- WHAT NEEDS TO BE DONE
Say the number of lines in the records below that hold the word "Answers", and only that number.

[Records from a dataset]
• • • •

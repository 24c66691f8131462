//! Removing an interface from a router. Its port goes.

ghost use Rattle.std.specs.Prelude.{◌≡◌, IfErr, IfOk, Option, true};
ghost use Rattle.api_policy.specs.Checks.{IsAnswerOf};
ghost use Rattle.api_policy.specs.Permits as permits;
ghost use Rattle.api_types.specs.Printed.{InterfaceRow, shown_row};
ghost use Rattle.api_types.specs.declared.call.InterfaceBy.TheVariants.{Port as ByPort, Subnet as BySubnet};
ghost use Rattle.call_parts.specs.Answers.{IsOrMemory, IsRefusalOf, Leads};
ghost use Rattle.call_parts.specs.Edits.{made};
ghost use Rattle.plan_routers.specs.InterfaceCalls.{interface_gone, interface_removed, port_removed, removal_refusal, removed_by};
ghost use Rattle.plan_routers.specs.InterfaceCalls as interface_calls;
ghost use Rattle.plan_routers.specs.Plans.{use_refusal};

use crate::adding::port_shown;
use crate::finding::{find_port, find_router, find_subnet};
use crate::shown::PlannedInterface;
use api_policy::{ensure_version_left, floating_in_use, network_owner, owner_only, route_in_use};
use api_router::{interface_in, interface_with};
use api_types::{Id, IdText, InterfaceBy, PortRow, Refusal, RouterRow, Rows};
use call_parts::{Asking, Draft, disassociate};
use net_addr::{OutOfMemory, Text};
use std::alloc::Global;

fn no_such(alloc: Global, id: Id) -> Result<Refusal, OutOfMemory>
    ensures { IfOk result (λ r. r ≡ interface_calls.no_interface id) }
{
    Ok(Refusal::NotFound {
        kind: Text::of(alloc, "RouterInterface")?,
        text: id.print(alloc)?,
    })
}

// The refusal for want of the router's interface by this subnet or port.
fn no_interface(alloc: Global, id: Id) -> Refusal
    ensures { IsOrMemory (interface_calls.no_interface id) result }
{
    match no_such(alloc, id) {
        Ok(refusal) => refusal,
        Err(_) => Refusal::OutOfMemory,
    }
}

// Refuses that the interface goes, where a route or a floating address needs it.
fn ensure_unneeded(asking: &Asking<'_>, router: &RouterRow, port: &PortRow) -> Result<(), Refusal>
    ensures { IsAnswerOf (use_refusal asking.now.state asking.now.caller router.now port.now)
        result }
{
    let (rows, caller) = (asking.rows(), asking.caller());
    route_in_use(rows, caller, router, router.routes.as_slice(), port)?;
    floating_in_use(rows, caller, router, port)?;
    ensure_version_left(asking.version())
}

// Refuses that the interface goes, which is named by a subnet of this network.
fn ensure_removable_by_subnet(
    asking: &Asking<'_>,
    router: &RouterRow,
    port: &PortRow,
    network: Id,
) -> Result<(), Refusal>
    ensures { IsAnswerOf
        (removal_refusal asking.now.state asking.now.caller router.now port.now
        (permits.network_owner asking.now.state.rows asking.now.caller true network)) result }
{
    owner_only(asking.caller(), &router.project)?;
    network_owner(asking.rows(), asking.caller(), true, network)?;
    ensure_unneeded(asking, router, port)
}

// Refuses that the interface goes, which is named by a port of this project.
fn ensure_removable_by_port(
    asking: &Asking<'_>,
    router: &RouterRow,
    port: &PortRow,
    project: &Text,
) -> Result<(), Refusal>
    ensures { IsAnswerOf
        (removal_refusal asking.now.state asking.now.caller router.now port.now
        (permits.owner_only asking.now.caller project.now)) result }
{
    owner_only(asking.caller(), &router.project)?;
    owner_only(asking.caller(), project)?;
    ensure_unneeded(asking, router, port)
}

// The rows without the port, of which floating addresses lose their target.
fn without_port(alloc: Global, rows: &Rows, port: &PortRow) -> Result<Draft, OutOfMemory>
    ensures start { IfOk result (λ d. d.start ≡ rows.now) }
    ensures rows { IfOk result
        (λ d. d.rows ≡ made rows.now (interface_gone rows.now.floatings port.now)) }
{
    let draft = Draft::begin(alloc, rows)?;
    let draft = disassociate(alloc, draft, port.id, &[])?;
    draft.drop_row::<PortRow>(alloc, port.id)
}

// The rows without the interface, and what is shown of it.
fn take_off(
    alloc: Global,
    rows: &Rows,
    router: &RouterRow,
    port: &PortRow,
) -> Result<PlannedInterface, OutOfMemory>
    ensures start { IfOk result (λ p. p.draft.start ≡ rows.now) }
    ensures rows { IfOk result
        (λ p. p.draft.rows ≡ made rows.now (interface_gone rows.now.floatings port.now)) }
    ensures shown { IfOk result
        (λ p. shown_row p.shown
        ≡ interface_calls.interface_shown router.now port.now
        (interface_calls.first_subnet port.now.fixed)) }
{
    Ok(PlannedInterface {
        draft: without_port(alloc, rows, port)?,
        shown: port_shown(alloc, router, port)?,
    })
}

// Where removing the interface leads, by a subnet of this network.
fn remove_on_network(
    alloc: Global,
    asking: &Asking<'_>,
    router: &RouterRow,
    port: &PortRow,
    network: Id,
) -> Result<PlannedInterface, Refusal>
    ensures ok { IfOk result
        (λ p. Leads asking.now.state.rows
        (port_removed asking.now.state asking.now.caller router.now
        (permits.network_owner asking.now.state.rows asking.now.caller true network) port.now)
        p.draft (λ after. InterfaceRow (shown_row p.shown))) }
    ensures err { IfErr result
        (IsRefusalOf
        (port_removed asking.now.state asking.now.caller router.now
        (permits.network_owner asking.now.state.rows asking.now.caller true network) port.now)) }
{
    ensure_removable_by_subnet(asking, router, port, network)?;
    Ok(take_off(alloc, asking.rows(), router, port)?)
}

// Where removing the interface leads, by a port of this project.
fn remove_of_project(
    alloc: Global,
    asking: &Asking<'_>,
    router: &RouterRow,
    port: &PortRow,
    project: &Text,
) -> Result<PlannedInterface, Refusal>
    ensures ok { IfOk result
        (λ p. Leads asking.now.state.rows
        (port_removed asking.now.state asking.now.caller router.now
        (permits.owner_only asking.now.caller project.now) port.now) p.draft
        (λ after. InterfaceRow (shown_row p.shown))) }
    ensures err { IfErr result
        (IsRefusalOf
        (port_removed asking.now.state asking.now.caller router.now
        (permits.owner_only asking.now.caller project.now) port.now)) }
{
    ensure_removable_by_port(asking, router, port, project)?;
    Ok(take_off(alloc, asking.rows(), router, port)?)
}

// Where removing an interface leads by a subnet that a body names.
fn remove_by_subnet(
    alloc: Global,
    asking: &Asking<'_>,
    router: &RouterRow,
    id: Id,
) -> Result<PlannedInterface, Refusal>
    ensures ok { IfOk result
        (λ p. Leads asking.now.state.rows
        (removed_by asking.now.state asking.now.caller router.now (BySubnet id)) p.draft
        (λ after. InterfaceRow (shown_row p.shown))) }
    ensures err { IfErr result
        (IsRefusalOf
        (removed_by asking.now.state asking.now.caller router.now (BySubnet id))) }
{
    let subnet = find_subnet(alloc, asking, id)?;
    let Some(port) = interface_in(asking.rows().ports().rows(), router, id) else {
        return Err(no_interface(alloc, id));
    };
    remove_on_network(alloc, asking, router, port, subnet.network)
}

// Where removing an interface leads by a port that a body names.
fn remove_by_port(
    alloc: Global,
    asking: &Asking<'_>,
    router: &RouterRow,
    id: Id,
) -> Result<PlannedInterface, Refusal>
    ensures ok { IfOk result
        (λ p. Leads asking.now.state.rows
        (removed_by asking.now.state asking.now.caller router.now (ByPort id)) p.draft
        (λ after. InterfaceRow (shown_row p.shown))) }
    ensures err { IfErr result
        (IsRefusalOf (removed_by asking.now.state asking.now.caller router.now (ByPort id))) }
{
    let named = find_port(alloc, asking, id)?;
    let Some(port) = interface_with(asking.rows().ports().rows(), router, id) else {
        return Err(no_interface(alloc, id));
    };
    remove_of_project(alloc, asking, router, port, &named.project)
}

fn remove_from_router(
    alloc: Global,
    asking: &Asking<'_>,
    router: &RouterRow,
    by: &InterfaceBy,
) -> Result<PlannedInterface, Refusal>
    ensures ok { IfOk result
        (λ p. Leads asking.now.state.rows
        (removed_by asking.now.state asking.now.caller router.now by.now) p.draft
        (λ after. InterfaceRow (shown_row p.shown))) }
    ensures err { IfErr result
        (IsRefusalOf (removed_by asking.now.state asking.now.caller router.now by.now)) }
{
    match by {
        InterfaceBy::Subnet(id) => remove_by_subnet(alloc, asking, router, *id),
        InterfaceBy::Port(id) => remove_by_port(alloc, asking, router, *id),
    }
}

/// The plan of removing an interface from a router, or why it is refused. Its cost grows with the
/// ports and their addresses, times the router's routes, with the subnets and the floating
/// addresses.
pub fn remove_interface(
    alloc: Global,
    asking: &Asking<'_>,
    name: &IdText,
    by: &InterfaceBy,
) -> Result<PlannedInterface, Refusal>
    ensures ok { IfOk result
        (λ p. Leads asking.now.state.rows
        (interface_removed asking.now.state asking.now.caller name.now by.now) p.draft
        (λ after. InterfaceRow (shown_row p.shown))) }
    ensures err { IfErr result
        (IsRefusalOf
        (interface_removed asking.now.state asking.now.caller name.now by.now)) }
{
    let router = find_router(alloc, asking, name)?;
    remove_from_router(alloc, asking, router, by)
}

• • • •

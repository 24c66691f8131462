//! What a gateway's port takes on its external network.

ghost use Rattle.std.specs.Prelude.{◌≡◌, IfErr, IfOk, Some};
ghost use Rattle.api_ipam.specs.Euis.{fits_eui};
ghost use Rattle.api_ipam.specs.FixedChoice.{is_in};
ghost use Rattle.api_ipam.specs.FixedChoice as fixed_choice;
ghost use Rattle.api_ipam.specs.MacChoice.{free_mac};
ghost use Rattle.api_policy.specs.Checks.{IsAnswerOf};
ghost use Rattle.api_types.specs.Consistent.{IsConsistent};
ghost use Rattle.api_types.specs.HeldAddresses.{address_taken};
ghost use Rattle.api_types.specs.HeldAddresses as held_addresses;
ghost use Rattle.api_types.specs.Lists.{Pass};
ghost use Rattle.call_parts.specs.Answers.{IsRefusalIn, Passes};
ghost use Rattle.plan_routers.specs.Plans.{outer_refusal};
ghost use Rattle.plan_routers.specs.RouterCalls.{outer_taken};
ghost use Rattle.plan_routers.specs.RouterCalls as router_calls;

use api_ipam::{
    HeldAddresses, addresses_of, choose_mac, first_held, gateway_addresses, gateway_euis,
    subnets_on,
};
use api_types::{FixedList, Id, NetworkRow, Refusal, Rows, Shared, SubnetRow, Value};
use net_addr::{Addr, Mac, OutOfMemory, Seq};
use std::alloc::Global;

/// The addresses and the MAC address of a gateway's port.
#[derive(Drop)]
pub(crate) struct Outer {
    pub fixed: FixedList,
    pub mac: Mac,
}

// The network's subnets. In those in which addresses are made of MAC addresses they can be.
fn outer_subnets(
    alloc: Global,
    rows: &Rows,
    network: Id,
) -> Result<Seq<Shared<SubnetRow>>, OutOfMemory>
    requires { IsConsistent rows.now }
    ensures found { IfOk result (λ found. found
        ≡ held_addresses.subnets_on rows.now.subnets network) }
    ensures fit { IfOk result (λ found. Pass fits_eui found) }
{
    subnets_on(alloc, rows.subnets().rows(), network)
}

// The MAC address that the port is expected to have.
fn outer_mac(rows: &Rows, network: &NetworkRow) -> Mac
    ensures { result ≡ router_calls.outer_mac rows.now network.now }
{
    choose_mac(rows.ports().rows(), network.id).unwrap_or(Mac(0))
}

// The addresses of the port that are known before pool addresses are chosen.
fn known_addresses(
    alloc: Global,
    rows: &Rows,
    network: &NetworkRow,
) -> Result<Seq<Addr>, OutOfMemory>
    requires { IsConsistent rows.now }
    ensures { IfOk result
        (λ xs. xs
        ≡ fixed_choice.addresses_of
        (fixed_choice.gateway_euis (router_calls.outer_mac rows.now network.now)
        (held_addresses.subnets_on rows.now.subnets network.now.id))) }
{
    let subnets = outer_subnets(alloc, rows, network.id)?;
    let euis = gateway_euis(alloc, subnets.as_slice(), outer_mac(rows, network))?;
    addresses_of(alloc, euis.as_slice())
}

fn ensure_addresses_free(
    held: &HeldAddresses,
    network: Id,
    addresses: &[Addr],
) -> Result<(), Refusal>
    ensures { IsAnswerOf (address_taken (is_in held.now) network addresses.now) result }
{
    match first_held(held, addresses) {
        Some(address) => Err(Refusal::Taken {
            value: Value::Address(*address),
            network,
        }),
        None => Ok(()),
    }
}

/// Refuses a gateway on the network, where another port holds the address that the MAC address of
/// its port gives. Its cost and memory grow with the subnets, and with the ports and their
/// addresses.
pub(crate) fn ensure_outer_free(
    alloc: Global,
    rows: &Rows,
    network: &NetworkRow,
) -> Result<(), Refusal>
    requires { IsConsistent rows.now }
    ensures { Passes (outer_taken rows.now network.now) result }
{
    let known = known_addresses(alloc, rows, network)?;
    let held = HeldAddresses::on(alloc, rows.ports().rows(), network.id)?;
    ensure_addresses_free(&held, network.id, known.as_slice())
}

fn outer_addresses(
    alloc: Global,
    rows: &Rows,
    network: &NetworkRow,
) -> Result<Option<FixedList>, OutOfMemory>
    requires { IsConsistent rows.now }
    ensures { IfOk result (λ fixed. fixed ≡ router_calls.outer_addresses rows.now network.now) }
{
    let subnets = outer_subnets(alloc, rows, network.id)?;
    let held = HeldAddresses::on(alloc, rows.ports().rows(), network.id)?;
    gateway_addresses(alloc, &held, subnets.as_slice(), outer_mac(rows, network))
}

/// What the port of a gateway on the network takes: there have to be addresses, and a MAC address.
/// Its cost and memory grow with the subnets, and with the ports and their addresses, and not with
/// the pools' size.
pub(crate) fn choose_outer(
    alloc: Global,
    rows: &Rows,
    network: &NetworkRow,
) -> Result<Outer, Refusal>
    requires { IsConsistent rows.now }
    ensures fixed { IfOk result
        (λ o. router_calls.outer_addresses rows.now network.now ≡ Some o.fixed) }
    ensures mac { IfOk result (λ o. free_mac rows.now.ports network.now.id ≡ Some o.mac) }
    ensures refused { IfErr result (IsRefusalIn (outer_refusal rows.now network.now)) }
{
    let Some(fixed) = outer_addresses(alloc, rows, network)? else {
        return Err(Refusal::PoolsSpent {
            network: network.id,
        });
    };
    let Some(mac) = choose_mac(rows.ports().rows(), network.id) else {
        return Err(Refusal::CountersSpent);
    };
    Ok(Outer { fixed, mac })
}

• • • •

- SOLUTION TO THE EXERCISE
2